Each of the entries below should be written out exactly as it reads.

* * * * *

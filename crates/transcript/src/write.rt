//! Lines on their way out.

ghost use Rattle.std.specs.Prelude.{◌≡◌};
ghost use Rattle.mig_base.specs.Stream.{Writes};
ghost use Rattle.nvm_model.specs.Text.{line_text, text_of};

use crate::{Line, LineBuf, print_line};
use line_buf::write_line;
use mig_base::{Failed, Sink};

/// Writes lines, one `send` each, and flushes the sink.
///
/// # Errors
///
/// `Failed` only where the sink's count of faults rose. A front of the lines' text was written then: all of it, where
/// it was the flush that failed.
pub fn write_lines<K: Sink>(lines: &[Line], sink: &mut K) -> Result<(), Failed>
    ensures { Writes (text_of lines.now) (K.bytes sink.old) (K.bytes sink.new)
        (K.faults sink.old) (K.faults sink.new) result }
{
    send_lines(lines, sink)?;
    sink.flush()
}

fn send_lines<K: Sink>(lines: &[Line], sink: &mut K) -> Result<(), Failed>
    ensures { Writes (text_of lines.now) (K.bytes sink.old) (K.bytes sink.new)
        (K.faults sink.old) (K.faults sink.new) result }
{
    let mut text = LineBuf::new();
    for line in lines {
        send_line(line, &mut text, sink)?;
    }
    Ok(())
}

/// Writes one line, in that room.
fn send_line<K: Sink>(line: &Line, text: &mut LineBuf, sink: &mut K) -> Result<(), Failed>
    ensures { Writes (line_text line.now) (K.bytes sink.old) (K.bytes sink.new)
        (K.faults sink.old) (K.faults sink.new) result }
{
    print_line(line, text);
    write_line(text.bytes(), sink)
}
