// A queue whose cells are lent to each call.
ghost use Rattle.std.specs.Prelude.{◌≡◌, ◌+◌, ◌<◌, ◌≤◌, ◌==◌, ◌&&◌, [], ℕ, List, IfErr, OnErr, OnOk, cond, false, is_err, is_none, is_ok, length, nat_le, nat_lt, not, replicate, slice_get, slice_index_or, Some, true};
ghost use Rattle.data_queue.specs.declared.change.Change.{Change};
ghost use Rattle.data_queue.specs.Change.{IsChange, change_of};
ghost use Rattle.data_queue.specs.Log.{IsLog, Posted, Takes, TakesBefore, is_head, is_lost};
ghost use Rattle.data_queue.specs.Places.{ArePlaces, queue_of};
ghost use Rattle.nvm_model.specs.Ring.{places_between};

use crate::Change;
use crate::queue::{BadHead, Full};

/// The places of a queue of from 2 to 65,536 cells of 32 bytes, which stand elsewhere: that of the oldest entry that
/// isn't taken, that of the next one, how many lie between, the phase tag of the next one, whether the mark is up,
/// and whether the queue was created and isn't deleted.
#[derive(Clone, Copy)]
pub struct Places {
    pub head: u32,
    pub next: u32,
    pub waiting: u32,
    pub phase: bool,
    pub marked: bool,
    pub live: bool,
}

impl Places {
    /// Those of a queue that isn't live.
    pub const NONE: Places = Places {
        head: 0,
        next: 0,
        waiting: 0,
        phase: true,
        marked: false,
        live: false,
    };

    /// A new queue with zeroed cells and no mark, unless one is live: answers false then.
    pub fn create(&mut self, cells: &mut [[u8; 32]]) -> bool
        requires { (2 ≤ length cells.old) × (length cells.old ≤ 65536) }
        ensures made { result ≡ not self.old.live }
        ensures created { result ≡ true → IsLog (queue_of self.new cells.new) [] 0
            × (self.new.marked ≡ false) × (self.new.live ≡ true) × ArePlaces (length cells.new) self.new }
        ensures kept { result ≡ false → (self.new ≡ self.old) × (cells.new ≡ cells.old) }
    {
        if self.live {
            return false;
        }
        zero_cells(cells);
        *self = Places {
            head: 0,
            next: 0,
            waiting: 0,
            phase: true,
            marked: false,
            live: true,
        };
        true
    }

    /// Posts an entry behind the others.
    ///
    /// # Errors
    ///
    /// `Full` exactly where the mark is up or no cell is free. The mark is up then, and nothing was posted.
    pub fn post(&mut self, cells: &mut [[u8; 32]], c: Change) -> Result<(), Full>
        requires places { ArePlaces (length cells.old) self.old }
        requires live { self.old.live ≡ true }
        requires change { IsChange c }
        ensures full { is_err result ≡ is_lost (queue_of self.old cells.old) }
        ensures posted { Posted (queue_of self.old cells.old) c (queue_of self.new cells.new) }
        ensures sound { ArePlaces (length cells.new) self.new }
    {
        let size = cells.len() as u32;
        if self.marked || self.waiting == size {
            self.marked = true;
            return Err(Full);
        }
        cells[self.next as usize] = c.to_bytes(self.phase);
        self.next = (self.next + 1) % size;
        self.phase = next_phase(self.next, self.phase);
        self.waiting += 1;
        Ok(())
    }

    /// Takes the oldest entry that isn't taken: `None` exactly where there is none.
    pub fn take(&mut self, cells: &[[u8; 32]]) -> Option<Change>
        requires places { ArePlaces (length cells.now) self.old }
        requires live { self.old.live ≡ true }
        ensures none { is_none result ≡ (self.old.waiting == 0) }
        ensures taken { Takes result (queue_of self.old cells.now) (queue_of self.new cells.now) }
        ensures sound { ArePlaces (length cells.now) self.new }
    {
        if self.waiting == 0 {
            return None;
        }
        let change = oldest(*self, cells);
        self.head = (self.head + 1) % cells.len() as u32;
        self.waiting -= 1;
        Some(change)
    }

    /// Takes all entries before a place.
    ///
    /// # Errors
    ///
    /// `BadHead` exactly where that is no place from the head to the next place of posting, in ring order. Nothing
    /// changes then.
    pub fn set_head(&mut self, cells: &[[u8; 32]], value: u32) -> Result<(), BadHead>
        requires places { ArePlaces (length cells.now) self.old }
        requires live { self.old.live ≡ true }
        ensures accepted { is_ok result ≡ is_head value (queue_of self.old cells.now) }
        ensures refused { OnErr result (self.new ≡ self.old) }
        ensures told { IfErr result (λ e. e.value ≡ value) }
        ensures taken { OnOk result (TakesBefore value (queue_of self.old cells.now) (queue_of self.new cells.now)) }
        ensures sound { ArePlaces (length cells.now) self.new }
    {
        let size = cells.len() as u32;
        if value >= size || between(size, self.head, value) > self.waiting {
            return Err(BadHead { value });
        }
        self.waiting -= between(size, self.head, value);
        self.head = value;
        Ok(())
    }
}

/// How many places lie from one to the other, in ring order.
fn between(size: u32, head: u32, value: u32) -> u32
    requires size { size ≤ 65536 }
    requires head { head < size }
    requires value { value < size }
    ensures { result ≡ places_between size head value }
{
    (value + size - head) % size
}

/// The oldest entry that isn't taken.
fn oldest(places: Places, cells: &[[u8; 32]]) -> Change
    requires places { ArePlaces (length cells.now) places }
    ensures cell { result ≡ change_of (slice_index_or cells.now places.head []) }
    ensures log { 0 < places.waiting → (posted : List Change) (taken : ℕ)
        → IsLog (queue_of places cells.now) posted taken → slice_get posted taken ≡ Some result }
{
    Change::of_bytes(&cells[places.head as usize])
}

/// The phase tag turns over where a pass begins.
fn next_phase(place: u32, phase: bool) -> bool
    ensures { result ≡ cond (place == 0) (not phase) phase }
{
    if place == 0 { !phase } else { phase }
}

/// All cells become zeroes.
fn zero_cells(cells: &mut [[u8; 32]])
    ensures zeroes { (i : ℕ) → i < length cells.old → slice_index_or cells.new i [] ≡ replicate 32 0 }
{
    for i in 0..cells.len() {
        cells[i] = [0; 32];
    }
}
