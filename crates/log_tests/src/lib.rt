//! Tests of the shared change log on one thread and on several. Nothing stands on it.
#![tactic(auto)]

#[cfg(test)]
mod entries;
#[cfg(test)]
mod rows;
#[cfg(test)]
mod threads;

* * * * *

* RESULT OF THE EXERCISE:
filename crates/transcript/src/write.rt
//! Lines on their way out.

ghost use Rattle.std.specs.Prelude.{◌≡◌};
ghost use Rattle.mig_base.specs.Stream.{Writes};
ghost use Rattle.nvm_model.specs.Text.{line_text, text_of};

use crate::{Line, LineBuf, print_line};
use line_buf::write_line;
use mig_base::{Failed, Sink};

/// Writes lines, one `send` each, and flushes the sink.
///
/// # Errors
///
/// `Failed` only where the sink's count of faults rose. A front of the lines' text was written then: all of it, where
/// it was the flush that failed.
pub fn write_lines<K: Sink>(lines: &[Line], sink: &mut K) -> Result<(), Failed>
    ensures { Writes (text_of lines.now) (K.bytes sink.old) (K.bytes sink.new)
        (K.faults sink.old) (K.faults sink.new) result }
{
    send_lines(lines, sink)?;
    sink.flush()
}

fn send_lines<K: Sink>(lines: &[Line], sink: &mut K) -> Result<(), Failed>
    ensures { Writes (text_of lines.now) (K.bytes sink.old) (K.bytes sink.new)
        (K.faults sink.old) (K.faults sink.new) result }
{
    let mut text = LineBuf::new();
    for line in lines {
        send_line(line, &mut text, sink)?;
    }
    Ok(())
}

/// Writes one line, in that room.
fn send_line<K: Sink>(line: &Line, text: &mut LineBuf, sink: &mut K) -> Result<(), Failed>
    ensures { Writes (line_text line.now) (K.bytes sink.old) (K.bytes sink.new)
        (K.faults sink.old) (K.faults sink.new) result }
{
    print_line(line, text);
    write_line(text.bytes(), sink)
}
// A queue whose cells are lent to each call.
ghost use Rattle.std.specs.Prelude.{◌≡◌, ◌+◌, ◌<◌, ◌≤◌, ◌==◌, ◌&&◌, [], ℕ, List, IfErr, OnErr, OnOk, cond, false, is_err, is_none, is_ok, length, nat_le, nat_lt, not, replicate, slice_get, slice_index_or, Some, true};
ghost use Rattle.data_queue.specs.declared.change.Change.{Change};
ghost use Rattle.data_queue.specs.Change.{IsChange, change_of};
ghost use Rattle.data_queue.specs.Log.{IsLog, Posted, Takes, TakesBefore, is_head, is_lost};
ghost use Rattle.data_queue.specs.Places.{ArePlaces, queue_of};
ghost use Rattle.nvm_model.specs.Ring.{places_between};

use crate::Change;
use crate::queue::{BadHead, Full};

/// The places of a queue of from 2 to 65,536 cells of 32 bytes, which stand elsewhere: that of the oldest entry that
/// isn't taken, that of the next one, how many lie between, the phase tag of the next one, whether the mark is up,
/// and whether the queue was created and isn't deleted.
#[derive(Clone, Copy)]
pub struct Places {
    pub head: u32,
    pub next: u32,
    pub waiting: u32,
    pub phase: bool,
    pub marked: bool,
    pub live: bool,
}

impl Places {
    /// Those of a queue that isn't live.
    pub const NONE: Places = Places {
        head: 0,
        next: 0,
        waiting: 0,
        phase: true,
        marked: false,
        live: false,
    };

    /// A new queue with zeroed cells and no mark, unless one is live: answers false then.
    pub fn create(&mut self, cells: &mut [[u8; 32]]) -> bool
        requires { (2 ≤ length cells.old) × (length cells.old ≤ 65536) }
        ensures made { result ≡ not self.old.live }
        ensures created { result ≡ true → IsLog (queue_of self.new cells.new) [] 0
            × (self.new.marked ≡ false) × (self.new.live ≡ true) × ArePlaces (length cells.new) self.new }
        ensures kept { result ≡ false → (self.new ≡ self.old) × (cells.new ≡ cells.old) }
    {
        if self.live {
            return false;
        }
        zero_cells(cells);
        *self = Places {
            head: 0,
            next: 0,
            waiting: 0,
            phase: true,
            marked: false,
            live: true,
        };
        true
    }

    /// Posts an entry behind the others.
    ///
    /// # Errors
    ///
    /// `Full` exactly where the mark is up or no cell is free. The mark is up then, and nothing was posted.
    pub fn post(&mut self, cells: &mut [[u8; 32]], c: Change) -> Result<(), Full>
        requires places { ArePlaces (length cells.old) self.old }
        requires live { self.old.live ≡ true }
        requires change { IsChange c }
        ensures full { is_err result ≡ is_lost (queue_of self.old cells.old) }
        ensures posted { Posted (queue_of self.old cells.old) c (queue_of self.new cells.new) }
        ensures sound { ArePlaces (length cells.new) self.new }
    {
        let size = cells.len() as u32;
        if self.marked || self.waiting == size {
            self.marked = true;
            return Err(Full);
        }
        cells[self.next as usize] = c.to_bytes(self.phase);
        self.next = (self.next + 1) % size;
        self.phase = next_phase(self.next, self.phase);
        self.waiting += 1;
        Ok(())
    }

    /// Takes the oldest entry that isn't taken: `None` exactly where there is none.
    pub fn take(&mut self, cells: &[[u8; 32]]) -> Option<Change>
        requires places { ArePlaces (length cells.now) self.old }
        requires live { self.old.live ≡ true }
        ensures none { is_none result ≡ (self.old.waiting == 0) }
        ensures taken { Takes result (queue_of self.old cells.now) (queue_of self.new cells.now) }
        ensures sound { ArePlaces (length cells.now) self.new }
    {
        if self.waiting == 0 {
            return None;
        }
        let change = oldest(*self, cells);
        self.head = (self.head + 1) % cells.len() as u32;
        self.waiting -= 1;
        Some(change)
    }

    /// Takes all entries before a place.
    ///
    /// # Errors
    ///
    /// `BadHead` exactly where that is no place from the head to the next place of posting, in ring order. Nothing
    /// changes then.
    pub fn set_head(&mut self, cells: &[[u8; 32]], value: u32) -> Result<(), BadHead>
        requires places { ArePlaces (length cells.now) self.old }
        requires live { self.old.live ≡ true }
        ensures accepted { is_ok result ≡ is_head value (queue_of self.old cells.now) }
        ensures refused { OnErr result (self.new ≡ self.old) }
        ensures told { IfErr result (λ e. e.value ≡ value) }
        ensures taken { OnOk result (TakesBefore value (queue_of self.old cells.now) (queue_of self.new cells.now)) }
        ensures sound { ArePlaces (length cells.now) self.new }
    {
        let size = cells.len() as u32;
        if value >= size || between(size, self.head, value) > self.waiting {
            return Err(BadHead { value });
        }
        self.waiting -= between(size, self.head, value);
        self.head = value;
        Ok(())
    }
}

/// How many places lie from one to the other, in ring order.
fn between(size: u32, head: u32, value: u32) -> u32
    requires size { size ≤ 65536 }
    requires head { head < size }
    requires value { value < size }
    ensures { result ≡ places_between size head value }
{
    (value + size - head) % size
}

/// The oldest entry that isn't taken.
fn oldest(places: Places, cells: &[[u8; 32]]) -> Change
    requires places { ArePlaces (length cells.now) places }
    ensures cell { result ≡ change_of (slice_index_or cells.now places.head []) }
    ensures log { 0 < places.waiting → (posted : List Change) (taken : ℕ)
        → IsLog (queue_of places cells.now) posted taken → slice_get posted taken ≡ Some result }
{
    Change::of_bytes(&cells[places.head as usize])
}

/// The phase tag turns over where a pass begins.
fn next_phase(place: u32, phase: bool) -> bool
    ensures { result ≡ cond (place == 0) (not phase) phase }
{
    if place == 0 { !phase } else { phase }
}

/// All cells become zeroes.
fn zero_cells(cells: &mut [[u8; 32]])
    ensures zeroes { (i : ℕ) → i < length cells.old → slice_index_or cells.new i [] ≡ replicate 32 0 }
{
    for i in 0..cells.len() {
        cells[i] = [0; 32];
    }
}
filename crates/log_tests/src/lib.rt
//! Tests of the shared change log on one thread and on several. Nothing stands on it.
#![tactic(auto)]

#[cfg(test)]
mod entries;
#[cfg(test)]
mod rows;
#[cfg(test)]
mod threads;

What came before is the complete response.